Department of Psychology, Stanford University, Stanford, CA 94305, USA.
Department of Psychology, Stanford University, Stanford, CA 94305, USA.
Behav Res Ther. 2018 Feb;101:46-57. doi: 10.1016/j.brat.2017.09.014. Epub 2017 Oct 5.
Self-regulation is a broad construct representing the general ability to recruit cognitive, motivational and emotional resources to achieve long-term goals. This construct has been implicated in a host of health-risk behaviors, and is a promising target for fostering beneficial behavior change. Despite its clear importance, the behavioral, psychological and neural components of self-regulation remain poorly understood, which contributes to theoretical inconsistencies and hinders maximally effective intervention development. We outline a research program that seeks to define a neuropsychological ontology of self-regulation, articulating the cognitive components that compose self-regulation, their relationships, and their associated measurements. The ontology will be informed by two large-scale approaches to assessing individual differences: first purely behaviorally using data collected via Amazon's Mechanical Turk, then coupled with neuroimaging data collected from a separate population. To validate the ontology and demonstrate its utility, we will then use it to contextualize health risk behaviors in two exemplar behavioral groups: overweight/obese adults who binge eat and smokers. After identifying ontological targets that precipitate maladaptive behavior, we will craft interventions that engage these targets. If successful, this work will provide a structured, holistic account of self-regulation in the form of an explicit ontology, which will better clarify the pattern of deficits related to maladaptive health behavior, and provide direction for more effective behavior change interventions.

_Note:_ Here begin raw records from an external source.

// Deciding: what a call reads before it is judged, and the numbers of each entry in the document's order: document 01, "Call" and
// "Numbers given back".
#![tactic(auto)]

ghost use Rattle.std.specs.Prelude.{◌≡◌, ltb};
ghost use Rattle.rules.specs.Segments.{lookup_of};
ghost use Rattle.rules.specs.Tests.{pick};
ghost use Rattle.rules.specs.Call.{runs_in, entered, base_sound, seen, asked, end_of, judged};
ghost use Rattle.rules.specs.Answer.{places, outcome_by};
ghost use Rattle.rules.specs.Return.{fault_back, judged_back};
ghost use Rattle.rules.specs.Step.{judged_start, judged_reach};

use arguments::Caller;
use rules::{
    Answer, Barred, Entry, Level, Outcome, Process, Refused, Request, Ring, Seen, refuse_if,
};
use words::{Stack, is_placed};

// ---- What a call reads

// The running segment is listed and execute, and the ring is within r1..r2 (number 7).
fn running(file: &[u8], ring: Ring, x: u32) -> bool
    ensures { result ≡ runs_in ring (lookup_of file.now x) }
{
    let Some(t) = segments::look_up(file, x) else {
        return false;
    };
    t.executes() & brackets::stays(ring, t)
}

// The ring of a decision that enters one, and ring 0 for a refusal, which 3 then gives.
pub fn entered_ring(d: Result<Ring, Barred>) -> Ring
    ensures { result ≡ entered d }
{
    d.unwrap_or_default()
}

// A word of the target stack, or what it reads as where the stack is only now made. A function, since with an `if` in its place no proof
// of `survey` was found.
fn made_or(made: bool, w: u32, fresh: u32) -> u32
    ensures { result ≡ pick made w fresh }
{
    if made { w } else { fresh }
}

// The words of a made target stack that 11 looks at.
#[tactic(auto, unfolding(rules::specs::Call::base_sound))]
fn base_sound(s: &[u32], to: Stack, used: u32, fresh: u32) -> bool
    ensures { result ≡ base_sound s.now to.len to.ring.0 used fresh }
{
    (Ring(to.load(s, 0)) == to.ring)
        & is_placed(to.len, used, 32)
        & (Ring(to.load_past(s, used, 18)) == to.ring)
        & (u64::from(used) + 32 <= u64::from(fresh))
}

// Everything that a call from a ring reads.
pub fn survey(file: &[u8], s: &[u32], ring: Ring, made: u64, q: Request) -> Seen
    ensures { result ≡ seen file.now s.now ring made q }
{
    let len = words::stack_length(s);
    let stack = Stack { len, ring };
    let decision = brackets::target(file, ring, q.fault, q.target, q.offset);
    let to = Stack {
        len,
        ring: entered_ring(decision),
    };
    let outward = ring < to.ring;
    let caller = Caller {
        file,
        stack,
        made,
        outward,
    };
    let is = made::is_made(made, to.ring);
    let used = made_or(is, to.load(s, 1), 8);
    let fresh = made_or(is, to.load_past(s, used, 19), 40);
    Seen {
        len,
        saved: Level(stack.load(s, 3)),
        segment: stack.load_past(s, q.frame, 20),
        offset: stack.load_past(s, q.frame, 21),
        runs: running(file, ring, q.running),
        decision,
        handed: caller.check_list(s, q.place),
        used,
        fresh,
        base: !is | base_sound(s, to, used, fresh),
    }
}

// ---- The numbers, in the document's order. Each judge is given what its own tests ask, and no two are given the same.

// Number 5's test.
fn is_asked(q: Request) -> bool
    ensures { result ≡ asked q }
{
    ((q.fault == 1) | (q.fault == 2)) & ((q.instruction == 0) | (q.instruction == 1))
}

// Number 12's test: new frame with list and copies would pass L.
fn passes(v: Seen) -> bool
    ensures { result ≡ ltb v.len (end_of v) }
{
    let len = u64::from(v.len);
    if len < v.handed.words {
        return true;
    }
    len < u64::from(v.fresh) + (33 + 4 * u64::from(v.handed.count)) + v.handed.words
}

// A call: 1 2 4 5 6 7 8 9 3 10 11 12.
#[tactic(auto, unfolding(rules::specs::Call::judged))]
pub fn judge_call(
    top: Ring,
    file: bool,
    sound: bool,
    calls: u32,
    q: Request,
    v: Seen,
) -> Result<(), Refused>
    ensures { result ≡ judged top.0 file sound calls q v }
{
    let back = v.runs & (v.segment == q.running) & (v.offset <= 262143);
    refuse_if(v.len == 0, Refused::StoreLength)?;
    refuse_if(!file, Refused::SegmentFile)?;
    refuse_if(!sound, Refused::ProcessRecord)?;
    refuse_if(!is_asked(q), Refused::FaultOrInstruction)?;
    refuse_if(!is_placed(v.len, q.frame, 32), Refused::Frame)?;
    refuse_if(!back, Refused::RunningSegment)?;
    // A level is compared with a ring here: only `larger` makes the one of the other.
    refuse_if(top.0 < v.saved.0, Refused::SavedLevel)?;
    refuse_if(32 <= calls, Refused::CallsOpen)?;
    v.decision?;
    v.handed.fit?;
    refuse_if(!v.base, Refused::TargetStack)?;
    refuse_if(passes(v), Refused::NewFrame)
}

// A return: 1 2 4 5 13.
#[tactic(auto, unfolding(rules::specs::Return::judged_back))]
pub fn judge_return(
    len: u32,
    file: bool,
    sound: bool,
    calls: u32,
    ring: Ring,
    q: Request,
    e: Entry,
) -> Result<(), Refused>
    ensures { result ≡ judged_back len file sound calls ring q e }
{
    refuse_if(len == 0, Refused::StoreLength)?;
    refuse_if(!file, Refused::SegmentFile)?;
    refuse_if(!sound, Refused::ProcessRecord)?;
    refuse_if(!is_asked(q), Refused::FaultOrInstruction)?;
    let other = q.fault != fault_back(ring, e.old);
    refuse_if((calls == 0) | other, Refused::NothingToReturn)
}

// "fault 1 when old ring < ring": a number, as the request's fault that it is compared with.
fn fault_back(ring: Ring, old: Ring) -> u32
    ensures { result ≡ fault_back ring old }
{
    if old < ring { 1 } else { 2 }
}

// A start: 1 14.
#[tactic(auto, unfolding(rules::specs::Step::judged_start))]
pub fn judge_start(top: Ring, len: u32, ring: Ring) -> Result<(), Refused>
    ensures { result ≡ judged_start top.0 len ring }
{
    refuse_if(len == 0, Refused::StoreLength)?;
    refuse_if(top < ring, Refused::StartRing)
}

// A write or a look: 1 4 16 15.
#[tactic(auto, unfolding(rules::specs::Step::judged_reach))]
pub fn judge_reach(
    top: Ring,
    len: u32,
    sound: bool,
    ring: Ring,
    stack: Ring,
    at: u32,
    room: u32,
) -> Result<(), Refused>
    ensures { result ≡ judged_reach top.0 len sound ring stack at room }
{
    refuse_if(len == 0, Refused::StoreLength)?;
    refuse_if(!sound, Refused::ProcessRecord)?;
    let outside = (top < stack) | (u64::from(len) < u64::from(at) + u64::from(room));
    refuse_if(outside, Refused::OutsideStack)?;
    refuse_if(stack < ring, Refused::StackBelow)
}

// ---- What is given back

// "Every refusal changes nothing and gives zeros as places": the record as it was, with a verdict's number and reason.
pub fn unchanged(p: Process, v: Result<(), Refused>) -> Outcome
    ensures { result ≡ outcome_by v p p (places 0 0 0 0) }
{
    let answer = match v {
        Ok(()) => Answer::places(0, 0, 0, 0),
        Err(refused) => Answer::from(refused),
    };
    Outcome { process: p, answer }
}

自我调节是一个广泛的概念,代表着招募认知、动机和情感资源以实现长期目标的一般能力。这个概念与许多健康风险行为有关,是培养有益行为改变的有前途的目标。尽管它非常重要,但自我调节的行为、心理和神经成分仍未得到很好的理解,这导致了理论上的不一致,并阻碍了最有效的干预措施的发展。我们概述了一个研究计划,旨在定义自我调节的神经心理学本体论,阐明构成自我调节的认知成分、它们之间的关系以及它们相关的测量方法。该本体论将通过两种大规模的评估个体差异的方法来提供信息:首先是纯粹通过亚马逊的 Mechanical Turk 收集的数据进行行为评估,然后再结合来自另一个人群的神经影像学数据。为了验证本体论并展示其效用,我们将使用它来分析两个典型行为群体中的健康风险行为:暴饮暴食的超重/肥胖成年人和吸烟者。在确定引发适应不良行为的本体论目标后,我们将制定干预措施来针对这些目标。如果成功,这项工作将以明确的本体论形式提供自我调节的结构化、整体描述,这将更好地阐明与适应不良健康行为相关的缺陷模式,并为更有效的行为改变干预措施提供指导。